Problem description
Using the entries that follow, collect the lines where the word "bool" appears.

# # # # # # #

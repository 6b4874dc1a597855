//! What the top level of a library declares.

ghost use Rattle.std.specs.Prelude.{◌≡◌, position, IfOk};
ghost use Rattle.element_terms.specs.Declarations.{declares, has_setter};

use crate::name_tables::name_table;
use crate::names::is_setter_of;
use plain_text::PlainText;
use std::alloc::{AllocError, Global};
use std::collections::BTreeMap;
use std::marker::Model;

/// The kinds of declarations at the top level.
#[derive(Clone, Copy, Debug, PartialEq, Eq)]
pub enum DeclaredKind {
    /// A function.
    Function,
    /// A getter.
    Getter,
    /// A setter.
    Setter,
    /// A variable that can be written.
    Variable,
    /// A variable that is final.
    FinalVariable,
    /// A class.
    Class,
    /// A mixin.
    Mixin,
    /// A name of a type.
    Typedef,
}

/// A declaration at the top level of a library or of one of its parts.
#[derive(Debug, Drop)]
pub struct Declared {
    /// Its name; that of a setter ends in `=`.
    pub name: PlainText,
    /// Its kind.
    pub kind: DeclaredKind,
}

impl DeclaredKind {
    /// Whether a setter comes with a declaration of this kind.
    pub fn has_setter(self) -> bool
        ensures { result ≡ has_setter self }
    {
        match self {
            DeclaredKind::Variable => true,
            DeclaredKind::Function => false,
            DeclaredKind::Getter => false,
            DeclaredKind::Setter => false,
            DeclaredKind::FinalVariable => false,
            DeclaredKind::Class => false,
            DeclaredKind::Mixin => false,
            DeclaredKind::Typedef => false,
        }
    }
}

impl Declared {
    /// Whether the declaration has this name: its own, or that of the setter that comes with it.
    pub fn declares(&self, name: &str) -> bool
        ensures { result ≡ declares self.now name.now }
    {
        if self.name.as_str() == name {
            return true;
        }
        self.kind.has_setter() && is_setter_of(self.name.as_str(), name)
    }
}

/// Declarations, those of the library first and then those of its parts, each in the order of its
/// text, with a table of their names.
#[derive(Debug, Drop)]
pub struct Declarations {
    declared: Vec<Declared>,
    table: BTreeMap<String, usize>,
}

impl Model for Declarations {
    ghost use Rattle.std.specs.Prelude.{List};
    ghost use Rattle.element_terms.specs.declared.declarations.Declared.{Declared};
    ghost use Rattle.element_terms.specs.NameTables.{IsNameTable};

    ghost Value = { List Declared };

    ghost view = { λ d. d.declared.items };

    ghost invariant = { λ d. IsNameTable d.declared.items d.table };
}

impl Declarations {
    /// The declarations that the vector holds. The table of n names takes memory for these, and the
    /// time of n log n of them.
    pub fn from_vec(alloc: Global, declared: Vec<Declared>) -> Result<Declarations, AllocError>
        ensures { IfOk result (λ all. all ≡ declared.items) }
    {
        let table = name_table(alloc, declared.as_slice())?;
        Ok(Declarations { declared, table })
    }

    /// The declarations.
    pub fn as_slice(&self) -> &[Declared]
        ensures { result.now ≡ self.now }
    {
        self.declared.as_slice()
    }

    /// The place of the first declaration that has this name, in the time of log n of n names.
    pub fn place(&self, name: &str) -> Option<usize>
        ensures { result ≡ position (λ d. declares d name.now) self.now }
    {
        self.table.get(name).copied()
    }
}
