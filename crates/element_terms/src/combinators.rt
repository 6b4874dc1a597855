//! The combinators of imports and exports.

ghost use Rattle.std.specs.Prelude.{◌≡◌, IfOk};
ghost use Rattle.element_terms.specs.Combinators.{brings};

use crate::names::{NameList, is_private};
use crate::pass_tables::{PassTable, pass_table};
use std::alloc::{AllocError, Global};
use std::marker::Model;
use std::rc::Rc;

/// A combinator of an import or an export.
#[derive(Debug, Drop)]
pub enum Combinator {
    /// `show a, b`.
    Show(NameList),
    /// `hide a, b`.
    Hide(NameList),
}

/// Combinators with a table of the names that they let pass.
#[derive(Debug, Drop)]
struct TabledCombinators {
    combinators: Vec<Combinator>,
    table: PassTable,
}

/// Combinators in the order in which they are written, which copies share.
#[derive(Debug, Drop)]
pub struct Combinators {
    shared: Rc<TabledCombinators>,
}

impl Model for Combinators {
    ghost use Rattle.std.specs.Prelude.{List};
    ghost use Rattle.element_terms.specs.declared.combinators.Combinator.{Combinator};
    ghost use Rattle.element_terms.specs.PassTables.{IsPassTable};

    ghost Value = { List Combinator };

    ghost view = { λ c. c.shared.value.combinators.items };

    ghost invariant = { λ c. IsPassTable c.shared.value.combinators.items c.shared.value.table.stages c.shared.value.table.last };
}

impl Combinators {
    /// The combinators that the vector holds. The table of n names that they list takes memory for
    /// these, and the time of n log n of them.
    pub fn from_vec(alloc: Global, combinators: Vec<Combinator>) -> Result<Combinators, AllocError>
        ensures { IfOk result (λ all. all ≡ combinators.items) }
    {
        let table = pass_table(alloc, combinators.as_slice())?;
        let shared = Rc::new(alloc, TabledCombinators { combinators, table })?;
        Ok(Combinators { shared })
    }

    /// The same combinators once more. It copies a pointer.
    pub fn share(&self) -> Result<Combinators, AllocError>
        ensures { IfOk result (λ shared. shared ≡ self.now) }
    {
        let shared = self.shared.clone()?;
        Ok(Combinators { shared })
    }

    /// The combinators.
    pub fn as_slice(&self) -> &[Combinator]
        ensures { result.now ≡ self.now }
    {
        self.shared.combinators.as_slice()
    }

    /// Whether an import or an export with these combinators brings a name, if what it names has one,
    /// in the time of log n of n names that the combinators list.
    pub fn brings(&self, name: &str) -> bool
        ensures { result ≡ brings self.now name.now }
    {
        if is_private(name) {
            return false;
        }
        self.shared.table.passes(name)
    }
}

# # # # # # #

Reply to the task
    pub fn has_setter(self) -> bool
    pub fn declares(&self, name: &str) -> bool
    pub fn brings(&self, name: &str) -> bool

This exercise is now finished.